Additionally, NGSOC offers comprehensive threat visibility across six dimensions: endpoints, identities, applications, data, networks, and cloud. It covers 363/626 MITRE ATT&CK techniques and ranks first in the industry, with a 94% coverage rate (136/144) for prevalent ATT&CK techniques. It comes pre-configured with 2,400+ parsing rules, 1,200+ correlation rules, and 100+ triage models, along with dashboards, reports, and quick-search queries for immediate use. It supports automated parsing for 1,000+ data sources without manual configuration. NGSOC can also be upgraded independently online without the need for product upgrades, continuously and uninterruptedly enhancing security monitoring.

In terms of operational services, as the exclusive cybersecurity provider for the Beijing 2022 Winter Olympics, QAX boasts China’s most comprehensive security service system. It provides 24/7 professional local and remote NGSOC security operations services, including asset management, vulnerability management, threat analysis, correlation rule optimization, and centralized security incident management. QAX has established a team of security operations experts and a mature training system, along with specialized threat intelligence mining and production capabilities to track global APT group activities. Furthermore, its technical analysis team covers expertise in operating systems, reverse engineering, vulnerability research, penetration testing, and other security domains, collaborating seamlessly with NGSOC operations teams to deliver efficient security services, especially during high-intensity scenarios like emergencies and major events.

QAX NGSOC served as the core security monitoring platform for the Beijing 2022 Winter Olympics SOC. It has ranked first in market share for four consecutive years in the Situational Awareness and Security Operations sector, with thousands of government and enterprise organizations adopting it as their security operations platform. Its clientele includes 74 Fortune 500 companies and central government ministries, and it has contributed to 10 national/industry standards for situational awareness and security operations.

Moving forward, the QAX NGSOC team will continue developing AI-driven analysis models and response systems tailored to user needs, integrating personnel and processes into a standardized security operations framework. Driven by compliance and digital transformation, NGSOC will deepen its alignment with customer business scenarios, safeguarding high-quality digital development.

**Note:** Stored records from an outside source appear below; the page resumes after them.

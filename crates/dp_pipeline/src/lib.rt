//! Pipelines and queries from their JSON texts. A text is read as one definition says: a pipeline, or the first of the
//! refusals that applies. A pipeline's stages are printed as they are made.
#![tactic(auto)]

mod content;
mod costs;
mod faults;
mod json;
mod lines;
mod pipeline;
mod place;
mod plan;
mod printing;
mod query;
mod ranges;
mod reading;
mod root;
mod spec;
mod stages;

pub use content::Siblings;
pub use faults::{PipelineFault, PrintFault, QueryFault};
pub use pipeline::{Pipeline, read_pipeline};
pub use place::Place;
pub use plan::{Plan, Plans};
pub use printing::print_stages;
pub use query::{Query, read_query};
pub use root::RootSpec;
pub use spec::Spec;

#[cfg(test)]
mod tests;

Source: Gartner, Inc. "Magic Quadrant for Security Information and Event Management" : Andrew Davies, Mitchell Schneider, Rustam Malik, Eric Ahlm, May 08, 2024.

Gartner Disclaimer
Gartner does not endorse any vendor, product or service depicted in its research publications,and does not advise technology users to select only those vendors with the highest ratings or other designation. Gartner research publications consist of the opinions of Gartner's research organization and should not be construed as statements of fact. Gartner disclaims all warranties, expressed or implied, with respect to this research, including any warranties of merchantability or fitness for a particular purpose.